The problem:
Copy the entries exactly, through the "use std::marker::Model;" line.

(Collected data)
·····
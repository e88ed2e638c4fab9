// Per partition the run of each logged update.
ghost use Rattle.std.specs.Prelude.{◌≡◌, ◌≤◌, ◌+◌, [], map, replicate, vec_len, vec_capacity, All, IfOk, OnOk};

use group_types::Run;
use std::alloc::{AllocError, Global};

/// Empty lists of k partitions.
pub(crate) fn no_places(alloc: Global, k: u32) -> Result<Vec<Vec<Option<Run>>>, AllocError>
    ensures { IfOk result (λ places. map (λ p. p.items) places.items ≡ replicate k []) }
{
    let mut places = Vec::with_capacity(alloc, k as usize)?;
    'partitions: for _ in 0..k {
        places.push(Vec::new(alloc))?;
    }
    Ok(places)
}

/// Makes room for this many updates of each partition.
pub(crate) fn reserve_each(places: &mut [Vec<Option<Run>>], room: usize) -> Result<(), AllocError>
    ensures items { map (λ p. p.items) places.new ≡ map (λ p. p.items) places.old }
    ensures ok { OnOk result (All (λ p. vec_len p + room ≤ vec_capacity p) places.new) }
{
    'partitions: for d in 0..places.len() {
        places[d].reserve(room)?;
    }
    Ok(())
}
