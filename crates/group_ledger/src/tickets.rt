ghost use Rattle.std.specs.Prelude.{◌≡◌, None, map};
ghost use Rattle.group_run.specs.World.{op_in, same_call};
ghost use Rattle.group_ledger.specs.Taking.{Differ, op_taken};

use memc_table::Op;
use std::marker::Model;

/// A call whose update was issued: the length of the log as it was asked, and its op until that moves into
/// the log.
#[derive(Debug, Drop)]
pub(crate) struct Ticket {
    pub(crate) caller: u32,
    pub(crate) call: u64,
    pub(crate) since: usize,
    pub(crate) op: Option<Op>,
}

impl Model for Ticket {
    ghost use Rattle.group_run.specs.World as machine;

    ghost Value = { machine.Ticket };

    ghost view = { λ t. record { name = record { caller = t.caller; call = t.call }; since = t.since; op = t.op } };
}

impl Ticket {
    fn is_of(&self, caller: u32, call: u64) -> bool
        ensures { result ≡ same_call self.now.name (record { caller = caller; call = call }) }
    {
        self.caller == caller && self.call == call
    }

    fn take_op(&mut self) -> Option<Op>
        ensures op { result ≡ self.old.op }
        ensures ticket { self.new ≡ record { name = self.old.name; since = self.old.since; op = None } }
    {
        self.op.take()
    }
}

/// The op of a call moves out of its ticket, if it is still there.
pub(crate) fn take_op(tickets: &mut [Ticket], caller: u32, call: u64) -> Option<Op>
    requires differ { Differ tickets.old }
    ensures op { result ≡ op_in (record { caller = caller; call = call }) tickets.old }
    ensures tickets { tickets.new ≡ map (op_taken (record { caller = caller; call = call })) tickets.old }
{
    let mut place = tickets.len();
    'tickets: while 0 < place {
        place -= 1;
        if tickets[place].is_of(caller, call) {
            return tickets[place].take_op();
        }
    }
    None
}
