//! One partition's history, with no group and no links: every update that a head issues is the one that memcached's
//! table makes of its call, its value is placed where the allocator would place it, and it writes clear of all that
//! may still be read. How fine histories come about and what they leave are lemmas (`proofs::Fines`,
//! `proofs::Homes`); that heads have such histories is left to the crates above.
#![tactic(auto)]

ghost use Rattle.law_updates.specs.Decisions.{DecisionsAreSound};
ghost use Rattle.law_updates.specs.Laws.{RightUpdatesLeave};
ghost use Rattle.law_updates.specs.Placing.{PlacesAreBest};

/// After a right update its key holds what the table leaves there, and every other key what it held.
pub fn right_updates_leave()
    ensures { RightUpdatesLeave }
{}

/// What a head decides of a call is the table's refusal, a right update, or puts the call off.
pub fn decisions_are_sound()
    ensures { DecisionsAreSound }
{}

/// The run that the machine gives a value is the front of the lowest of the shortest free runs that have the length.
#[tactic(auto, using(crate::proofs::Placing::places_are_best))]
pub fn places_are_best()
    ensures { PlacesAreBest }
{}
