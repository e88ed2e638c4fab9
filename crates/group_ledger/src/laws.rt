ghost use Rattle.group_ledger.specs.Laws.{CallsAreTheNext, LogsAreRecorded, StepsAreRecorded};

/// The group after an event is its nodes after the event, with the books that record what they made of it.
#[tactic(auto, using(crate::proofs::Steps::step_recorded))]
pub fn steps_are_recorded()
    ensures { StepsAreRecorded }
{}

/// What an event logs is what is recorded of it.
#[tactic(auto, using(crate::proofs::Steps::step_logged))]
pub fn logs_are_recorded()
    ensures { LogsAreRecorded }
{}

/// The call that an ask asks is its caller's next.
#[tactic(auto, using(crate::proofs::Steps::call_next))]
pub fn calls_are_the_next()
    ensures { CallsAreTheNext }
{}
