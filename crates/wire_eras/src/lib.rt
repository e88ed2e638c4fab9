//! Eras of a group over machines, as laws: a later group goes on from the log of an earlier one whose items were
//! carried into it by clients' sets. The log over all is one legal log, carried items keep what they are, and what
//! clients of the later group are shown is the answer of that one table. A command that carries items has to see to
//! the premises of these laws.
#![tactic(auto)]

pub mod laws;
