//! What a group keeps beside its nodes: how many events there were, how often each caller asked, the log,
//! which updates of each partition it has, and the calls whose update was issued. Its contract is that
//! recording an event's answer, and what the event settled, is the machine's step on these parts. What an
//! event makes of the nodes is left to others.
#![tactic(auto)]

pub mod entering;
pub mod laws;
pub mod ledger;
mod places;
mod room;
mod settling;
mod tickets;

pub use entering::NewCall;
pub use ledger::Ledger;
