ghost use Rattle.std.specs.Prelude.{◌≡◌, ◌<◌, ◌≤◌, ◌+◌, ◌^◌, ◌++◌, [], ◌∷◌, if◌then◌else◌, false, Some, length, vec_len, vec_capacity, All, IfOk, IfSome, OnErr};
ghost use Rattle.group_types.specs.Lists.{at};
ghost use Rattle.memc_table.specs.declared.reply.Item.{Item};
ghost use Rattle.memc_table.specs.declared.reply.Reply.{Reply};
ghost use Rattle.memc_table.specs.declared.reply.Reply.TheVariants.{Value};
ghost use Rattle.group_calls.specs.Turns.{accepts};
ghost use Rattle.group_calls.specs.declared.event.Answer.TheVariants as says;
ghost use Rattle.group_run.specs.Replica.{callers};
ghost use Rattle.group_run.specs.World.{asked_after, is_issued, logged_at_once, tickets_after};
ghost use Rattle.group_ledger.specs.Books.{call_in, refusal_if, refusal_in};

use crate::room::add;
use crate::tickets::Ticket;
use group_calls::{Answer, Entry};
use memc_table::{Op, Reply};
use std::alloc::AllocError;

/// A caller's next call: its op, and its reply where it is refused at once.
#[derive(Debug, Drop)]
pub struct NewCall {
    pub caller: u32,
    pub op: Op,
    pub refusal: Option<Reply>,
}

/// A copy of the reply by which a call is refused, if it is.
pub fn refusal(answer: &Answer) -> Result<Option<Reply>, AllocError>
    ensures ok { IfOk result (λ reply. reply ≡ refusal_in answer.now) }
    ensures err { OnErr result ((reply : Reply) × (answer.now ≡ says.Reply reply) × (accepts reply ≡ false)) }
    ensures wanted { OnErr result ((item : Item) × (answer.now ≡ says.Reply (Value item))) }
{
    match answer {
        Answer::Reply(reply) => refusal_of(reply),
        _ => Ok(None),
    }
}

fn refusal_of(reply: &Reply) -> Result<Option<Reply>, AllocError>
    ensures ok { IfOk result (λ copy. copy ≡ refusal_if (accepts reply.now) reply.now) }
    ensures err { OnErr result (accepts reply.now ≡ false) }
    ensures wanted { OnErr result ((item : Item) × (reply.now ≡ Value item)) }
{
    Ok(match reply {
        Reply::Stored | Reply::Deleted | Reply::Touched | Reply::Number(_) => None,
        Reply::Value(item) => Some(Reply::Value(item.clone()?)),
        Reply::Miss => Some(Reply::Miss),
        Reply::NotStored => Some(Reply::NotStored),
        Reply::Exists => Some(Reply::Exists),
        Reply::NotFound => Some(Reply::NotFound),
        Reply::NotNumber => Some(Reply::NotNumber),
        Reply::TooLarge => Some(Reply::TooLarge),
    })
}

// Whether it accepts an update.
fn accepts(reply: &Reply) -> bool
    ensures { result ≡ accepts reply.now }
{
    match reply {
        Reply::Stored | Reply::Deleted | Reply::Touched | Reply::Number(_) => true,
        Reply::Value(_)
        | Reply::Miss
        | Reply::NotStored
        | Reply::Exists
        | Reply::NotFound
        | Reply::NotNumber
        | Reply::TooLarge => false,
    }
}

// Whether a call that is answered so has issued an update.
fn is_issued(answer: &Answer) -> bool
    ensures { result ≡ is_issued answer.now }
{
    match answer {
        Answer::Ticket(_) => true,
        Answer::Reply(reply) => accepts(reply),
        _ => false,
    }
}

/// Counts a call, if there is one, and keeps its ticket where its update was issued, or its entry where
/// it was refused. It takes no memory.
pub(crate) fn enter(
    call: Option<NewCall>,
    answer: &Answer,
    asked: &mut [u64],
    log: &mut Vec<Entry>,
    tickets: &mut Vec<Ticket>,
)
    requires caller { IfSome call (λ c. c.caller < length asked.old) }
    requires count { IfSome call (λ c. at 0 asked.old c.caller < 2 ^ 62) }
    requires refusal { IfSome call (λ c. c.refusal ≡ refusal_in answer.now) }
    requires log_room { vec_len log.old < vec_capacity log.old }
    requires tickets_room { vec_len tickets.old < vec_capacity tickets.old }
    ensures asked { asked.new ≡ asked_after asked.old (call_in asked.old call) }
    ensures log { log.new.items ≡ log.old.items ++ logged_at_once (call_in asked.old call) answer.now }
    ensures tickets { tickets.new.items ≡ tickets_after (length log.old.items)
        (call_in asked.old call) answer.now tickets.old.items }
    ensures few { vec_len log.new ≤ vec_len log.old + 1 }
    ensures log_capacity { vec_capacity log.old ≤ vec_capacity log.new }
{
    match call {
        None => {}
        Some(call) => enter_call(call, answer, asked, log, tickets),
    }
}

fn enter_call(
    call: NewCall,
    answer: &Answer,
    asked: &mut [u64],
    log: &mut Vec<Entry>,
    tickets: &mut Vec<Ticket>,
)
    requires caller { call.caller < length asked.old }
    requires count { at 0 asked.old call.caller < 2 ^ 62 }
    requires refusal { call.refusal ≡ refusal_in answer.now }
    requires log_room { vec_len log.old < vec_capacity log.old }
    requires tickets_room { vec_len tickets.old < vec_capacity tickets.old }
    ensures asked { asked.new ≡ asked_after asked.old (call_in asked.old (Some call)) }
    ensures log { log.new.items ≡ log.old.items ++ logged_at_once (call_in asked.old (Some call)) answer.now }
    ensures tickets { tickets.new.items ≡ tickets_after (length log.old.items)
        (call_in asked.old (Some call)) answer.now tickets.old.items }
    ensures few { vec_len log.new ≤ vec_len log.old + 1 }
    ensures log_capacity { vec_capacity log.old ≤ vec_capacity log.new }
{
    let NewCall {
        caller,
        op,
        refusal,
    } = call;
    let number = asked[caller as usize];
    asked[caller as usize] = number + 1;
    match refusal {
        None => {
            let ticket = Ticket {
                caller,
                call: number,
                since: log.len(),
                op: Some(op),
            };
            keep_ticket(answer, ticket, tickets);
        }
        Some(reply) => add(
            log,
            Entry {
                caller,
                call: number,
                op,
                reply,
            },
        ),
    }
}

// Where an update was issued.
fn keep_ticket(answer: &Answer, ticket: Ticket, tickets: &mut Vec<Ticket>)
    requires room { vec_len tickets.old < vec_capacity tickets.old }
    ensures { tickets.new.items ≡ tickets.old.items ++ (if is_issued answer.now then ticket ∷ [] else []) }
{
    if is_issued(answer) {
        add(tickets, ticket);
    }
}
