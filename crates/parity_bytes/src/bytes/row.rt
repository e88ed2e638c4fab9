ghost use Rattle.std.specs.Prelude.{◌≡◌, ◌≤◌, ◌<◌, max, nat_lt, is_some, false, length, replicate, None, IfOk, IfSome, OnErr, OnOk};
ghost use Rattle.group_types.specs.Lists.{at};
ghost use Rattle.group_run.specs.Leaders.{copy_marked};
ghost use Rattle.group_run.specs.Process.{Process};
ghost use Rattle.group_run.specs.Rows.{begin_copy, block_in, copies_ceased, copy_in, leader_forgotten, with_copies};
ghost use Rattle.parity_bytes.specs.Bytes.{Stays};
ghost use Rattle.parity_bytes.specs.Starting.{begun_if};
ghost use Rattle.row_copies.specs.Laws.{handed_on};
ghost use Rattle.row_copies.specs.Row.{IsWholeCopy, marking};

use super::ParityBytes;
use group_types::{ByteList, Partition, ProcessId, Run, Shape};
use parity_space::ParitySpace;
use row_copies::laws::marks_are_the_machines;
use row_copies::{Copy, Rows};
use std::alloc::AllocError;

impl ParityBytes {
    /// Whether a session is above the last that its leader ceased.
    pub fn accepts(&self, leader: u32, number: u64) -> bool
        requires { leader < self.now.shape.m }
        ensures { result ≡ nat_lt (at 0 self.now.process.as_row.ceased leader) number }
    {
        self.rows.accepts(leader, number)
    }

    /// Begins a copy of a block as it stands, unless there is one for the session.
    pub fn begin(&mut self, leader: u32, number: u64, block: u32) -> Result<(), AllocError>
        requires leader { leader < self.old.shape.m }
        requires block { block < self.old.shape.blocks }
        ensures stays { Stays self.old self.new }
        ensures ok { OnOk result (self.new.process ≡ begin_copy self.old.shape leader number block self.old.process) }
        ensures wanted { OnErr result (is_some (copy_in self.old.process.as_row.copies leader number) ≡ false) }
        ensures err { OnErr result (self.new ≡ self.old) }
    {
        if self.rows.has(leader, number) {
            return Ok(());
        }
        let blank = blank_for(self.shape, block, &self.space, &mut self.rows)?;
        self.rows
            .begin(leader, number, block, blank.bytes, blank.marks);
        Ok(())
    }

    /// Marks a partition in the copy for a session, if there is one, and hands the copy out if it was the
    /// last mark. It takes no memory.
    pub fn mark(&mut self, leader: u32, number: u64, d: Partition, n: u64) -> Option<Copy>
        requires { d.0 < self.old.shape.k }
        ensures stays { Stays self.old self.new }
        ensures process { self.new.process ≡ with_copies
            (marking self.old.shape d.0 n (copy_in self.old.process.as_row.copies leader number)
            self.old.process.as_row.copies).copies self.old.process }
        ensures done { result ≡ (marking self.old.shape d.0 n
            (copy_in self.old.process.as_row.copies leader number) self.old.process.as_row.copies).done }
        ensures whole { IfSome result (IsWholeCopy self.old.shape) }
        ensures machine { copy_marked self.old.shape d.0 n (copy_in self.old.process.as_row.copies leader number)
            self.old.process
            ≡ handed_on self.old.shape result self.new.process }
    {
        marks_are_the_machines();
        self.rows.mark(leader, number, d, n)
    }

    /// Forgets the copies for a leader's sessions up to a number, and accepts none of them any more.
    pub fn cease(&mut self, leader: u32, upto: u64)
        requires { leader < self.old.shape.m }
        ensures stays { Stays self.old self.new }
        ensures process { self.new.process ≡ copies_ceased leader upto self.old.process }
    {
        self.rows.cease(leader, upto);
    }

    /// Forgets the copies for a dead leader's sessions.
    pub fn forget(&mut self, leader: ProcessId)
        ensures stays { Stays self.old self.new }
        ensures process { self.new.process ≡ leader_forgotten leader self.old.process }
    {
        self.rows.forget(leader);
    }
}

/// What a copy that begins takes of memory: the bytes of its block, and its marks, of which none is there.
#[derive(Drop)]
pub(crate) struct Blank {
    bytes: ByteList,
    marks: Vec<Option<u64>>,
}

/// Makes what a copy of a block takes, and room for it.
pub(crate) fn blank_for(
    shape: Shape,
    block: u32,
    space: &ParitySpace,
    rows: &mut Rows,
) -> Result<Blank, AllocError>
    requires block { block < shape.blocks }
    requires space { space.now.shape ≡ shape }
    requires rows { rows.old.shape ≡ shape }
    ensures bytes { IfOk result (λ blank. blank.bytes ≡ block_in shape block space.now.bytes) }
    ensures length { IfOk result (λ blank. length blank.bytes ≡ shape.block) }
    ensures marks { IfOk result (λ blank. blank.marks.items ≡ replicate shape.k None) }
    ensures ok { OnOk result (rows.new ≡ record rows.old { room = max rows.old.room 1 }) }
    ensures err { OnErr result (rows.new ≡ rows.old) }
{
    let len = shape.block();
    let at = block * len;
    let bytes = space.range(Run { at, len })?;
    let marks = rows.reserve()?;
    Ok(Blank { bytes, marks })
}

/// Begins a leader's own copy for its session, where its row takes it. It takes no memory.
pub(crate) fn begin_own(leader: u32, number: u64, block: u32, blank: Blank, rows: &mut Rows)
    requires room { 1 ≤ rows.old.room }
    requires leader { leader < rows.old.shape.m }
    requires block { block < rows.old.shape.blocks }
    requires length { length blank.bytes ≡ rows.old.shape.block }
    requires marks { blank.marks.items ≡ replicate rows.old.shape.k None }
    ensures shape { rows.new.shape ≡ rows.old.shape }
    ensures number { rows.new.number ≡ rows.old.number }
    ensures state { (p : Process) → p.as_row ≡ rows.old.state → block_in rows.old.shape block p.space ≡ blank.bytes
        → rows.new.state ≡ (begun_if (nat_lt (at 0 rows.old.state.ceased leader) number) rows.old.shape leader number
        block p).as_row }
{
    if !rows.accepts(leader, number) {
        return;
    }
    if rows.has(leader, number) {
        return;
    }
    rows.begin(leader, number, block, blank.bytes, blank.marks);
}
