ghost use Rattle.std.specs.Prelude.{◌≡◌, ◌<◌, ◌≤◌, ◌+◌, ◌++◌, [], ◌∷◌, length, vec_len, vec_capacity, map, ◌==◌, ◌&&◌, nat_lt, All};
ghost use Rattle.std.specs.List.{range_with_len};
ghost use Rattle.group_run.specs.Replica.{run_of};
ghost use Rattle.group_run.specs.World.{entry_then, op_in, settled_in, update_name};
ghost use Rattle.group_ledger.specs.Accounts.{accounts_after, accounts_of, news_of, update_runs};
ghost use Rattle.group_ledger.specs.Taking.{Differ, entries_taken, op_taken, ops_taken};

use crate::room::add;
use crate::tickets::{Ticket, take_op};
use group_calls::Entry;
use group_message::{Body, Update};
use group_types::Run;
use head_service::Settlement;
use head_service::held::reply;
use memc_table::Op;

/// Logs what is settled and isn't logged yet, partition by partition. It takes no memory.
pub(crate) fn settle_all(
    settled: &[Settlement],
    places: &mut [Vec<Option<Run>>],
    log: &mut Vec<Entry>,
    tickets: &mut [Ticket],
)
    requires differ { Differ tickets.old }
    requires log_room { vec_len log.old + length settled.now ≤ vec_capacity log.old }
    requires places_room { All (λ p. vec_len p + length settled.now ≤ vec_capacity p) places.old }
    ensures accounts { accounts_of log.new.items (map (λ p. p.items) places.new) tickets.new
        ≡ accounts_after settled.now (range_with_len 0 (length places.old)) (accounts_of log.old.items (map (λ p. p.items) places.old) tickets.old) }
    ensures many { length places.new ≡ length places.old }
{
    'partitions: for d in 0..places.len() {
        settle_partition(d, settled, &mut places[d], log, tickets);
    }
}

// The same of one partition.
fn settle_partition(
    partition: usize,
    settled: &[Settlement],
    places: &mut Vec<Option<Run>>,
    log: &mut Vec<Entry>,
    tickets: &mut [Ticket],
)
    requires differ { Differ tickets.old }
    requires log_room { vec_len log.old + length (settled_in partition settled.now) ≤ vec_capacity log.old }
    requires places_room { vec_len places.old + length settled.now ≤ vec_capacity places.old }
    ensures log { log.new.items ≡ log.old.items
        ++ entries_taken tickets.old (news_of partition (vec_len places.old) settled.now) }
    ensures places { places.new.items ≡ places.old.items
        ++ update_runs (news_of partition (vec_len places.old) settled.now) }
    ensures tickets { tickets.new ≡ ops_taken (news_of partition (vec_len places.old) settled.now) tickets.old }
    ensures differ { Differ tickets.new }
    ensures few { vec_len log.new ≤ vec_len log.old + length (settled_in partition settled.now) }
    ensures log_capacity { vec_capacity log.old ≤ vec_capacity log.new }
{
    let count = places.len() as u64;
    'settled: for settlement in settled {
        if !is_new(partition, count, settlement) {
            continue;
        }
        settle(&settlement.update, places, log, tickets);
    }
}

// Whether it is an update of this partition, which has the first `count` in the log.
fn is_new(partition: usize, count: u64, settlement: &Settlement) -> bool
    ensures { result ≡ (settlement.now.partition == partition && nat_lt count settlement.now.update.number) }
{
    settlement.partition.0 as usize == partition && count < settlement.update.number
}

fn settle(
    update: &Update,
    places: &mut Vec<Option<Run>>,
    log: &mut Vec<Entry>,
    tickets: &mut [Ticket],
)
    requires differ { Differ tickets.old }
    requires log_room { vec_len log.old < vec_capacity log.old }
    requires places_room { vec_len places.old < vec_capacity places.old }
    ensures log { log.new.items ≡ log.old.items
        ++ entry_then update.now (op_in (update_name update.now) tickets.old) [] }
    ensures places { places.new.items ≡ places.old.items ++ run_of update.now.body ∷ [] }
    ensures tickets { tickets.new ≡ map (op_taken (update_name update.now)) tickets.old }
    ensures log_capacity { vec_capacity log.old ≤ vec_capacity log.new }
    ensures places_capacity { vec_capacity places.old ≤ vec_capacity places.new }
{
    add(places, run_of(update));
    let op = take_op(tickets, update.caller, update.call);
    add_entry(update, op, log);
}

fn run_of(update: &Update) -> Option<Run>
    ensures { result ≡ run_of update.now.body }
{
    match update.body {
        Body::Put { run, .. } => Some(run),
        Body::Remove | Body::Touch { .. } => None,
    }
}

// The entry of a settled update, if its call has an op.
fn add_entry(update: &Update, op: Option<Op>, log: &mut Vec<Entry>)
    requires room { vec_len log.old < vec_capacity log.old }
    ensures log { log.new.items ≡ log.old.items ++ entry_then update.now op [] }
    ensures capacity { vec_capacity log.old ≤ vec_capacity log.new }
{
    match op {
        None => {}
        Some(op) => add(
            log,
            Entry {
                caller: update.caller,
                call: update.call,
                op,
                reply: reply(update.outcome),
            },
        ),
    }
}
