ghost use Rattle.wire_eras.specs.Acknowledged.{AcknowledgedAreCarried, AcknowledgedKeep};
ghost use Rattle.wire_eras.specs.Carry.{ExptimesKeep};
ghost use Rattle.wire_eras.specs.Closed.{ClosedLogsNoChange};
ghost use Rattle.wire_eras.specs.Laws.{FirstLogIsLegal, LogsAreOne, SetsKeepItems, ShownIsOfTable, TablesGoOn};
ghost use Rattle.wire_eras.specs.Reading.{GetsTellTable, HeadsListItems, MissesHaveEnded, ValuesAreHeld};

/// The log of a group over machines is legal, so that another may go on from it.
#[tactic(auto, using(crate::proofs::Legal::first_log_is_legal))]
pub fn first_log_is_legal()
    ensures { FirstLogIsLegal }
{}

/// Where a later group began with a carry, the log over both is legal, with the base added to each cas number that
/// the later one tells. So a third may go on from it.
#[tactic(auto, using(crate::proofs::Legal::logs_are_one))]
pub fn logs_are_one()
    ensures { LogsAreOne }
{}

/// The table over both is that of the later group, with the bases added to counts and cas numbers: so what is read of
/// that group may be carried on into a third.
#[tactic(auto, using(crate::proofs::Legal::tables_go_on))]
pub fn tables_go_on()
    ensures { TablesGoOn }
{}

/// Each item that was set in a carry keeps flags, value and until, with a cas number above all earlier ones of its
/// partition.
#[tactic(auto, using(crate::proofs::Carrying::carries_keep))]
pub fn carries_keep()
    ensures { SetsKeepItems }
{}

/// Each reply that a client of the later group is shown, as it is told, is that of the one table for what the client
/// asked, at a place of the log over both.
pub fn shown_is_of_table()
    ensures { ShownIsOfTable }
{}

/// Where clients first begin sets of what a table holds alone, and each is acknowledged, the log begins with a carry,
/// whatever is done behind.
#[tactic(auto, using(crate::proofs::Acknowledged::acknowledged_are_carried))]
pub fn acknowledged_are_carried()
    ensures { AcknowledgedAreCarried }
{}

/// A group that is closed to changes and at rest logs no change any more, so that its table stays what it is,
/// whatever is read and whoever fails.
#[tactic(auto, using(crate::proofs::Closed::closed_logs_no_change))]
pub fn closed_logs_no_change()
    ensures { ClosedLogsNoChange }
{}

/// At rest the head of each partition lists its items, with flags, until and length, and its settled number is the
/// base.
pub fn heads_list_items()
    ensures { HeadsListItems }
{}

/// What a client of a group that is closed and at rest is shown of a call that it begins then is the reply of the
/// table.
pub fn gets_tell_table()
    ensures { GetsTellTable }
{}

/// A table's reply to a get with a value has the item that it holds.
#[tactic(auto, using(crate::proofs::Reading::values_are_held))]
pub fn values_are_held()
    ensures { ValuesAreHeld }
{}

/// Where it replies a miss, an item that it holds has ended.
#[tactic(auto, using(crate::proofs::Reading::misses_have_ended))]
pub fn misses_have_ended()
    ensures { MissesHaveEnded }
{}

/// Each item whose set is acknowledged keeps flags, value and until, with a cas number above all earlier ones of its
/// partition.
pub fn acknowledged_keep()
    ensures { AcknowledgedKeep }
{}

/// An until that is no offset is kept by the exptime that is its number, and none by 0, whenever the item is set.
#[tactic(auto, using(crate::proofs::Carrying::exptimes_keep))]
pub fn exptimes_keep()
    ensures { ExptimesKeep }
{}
·····
Written solution:
repository e88ed2e638c4fab9
// Per partition the run of each logged update.
ghost use Rattle.std.specs.Prelude.{◌≡◌, ◌≤◌, ◌+◌, [], map, replicate, vec_len, vec_capacity, All, IfOk, OnOk};

use group_types::Run;
use std::alloc::{AllocError, Global};

/// Empty lists of k partitions.
pub(crate) fn no_places(alloc: Global, k: u32) -> Result<Vec<Vec<Option<Run>>>, AllocError>
    ensures { IfOk result (λ places. map (λ p. p.items) places.items ≡ replicate k []) }
{
    let mut places = Vec::with_capacity(alloc, k as usize)?;
    'partitions: for _ in 0..k {
        places.push(Vec::new(alloc))?;
    }
    Ok(places)
}

/// Makes room for this many updates of each partition.
pub(crate) fn reserve_each(places: &mut [Vec<Option<Run>>], room: usize) -> Result<(), AllocError>
    ensures items { map (λ p. p.items) places.new ≡ map (λ p. p.items) places.old }
    ensures ok { OnOk result (All (λ p. vec_len p + room ≤ vec_capacity p) places.new) }
{
    'partitions: for d in 0..places.len() {
        places[d].reserve(room)?;
    }
    Ok(())
}
filename crates/group_ledger/src/tickets.rt
ghost use Rattle.std.specs.Prelude.{◌≡◌, None, map};
ghost use Rattle.group_run.specs.World.{op_in, same_call};
ghost use Rattle.group_ledger.specs.Taking.{Differ, op_taken};

use memc_table::Op;
use std::marker::Model;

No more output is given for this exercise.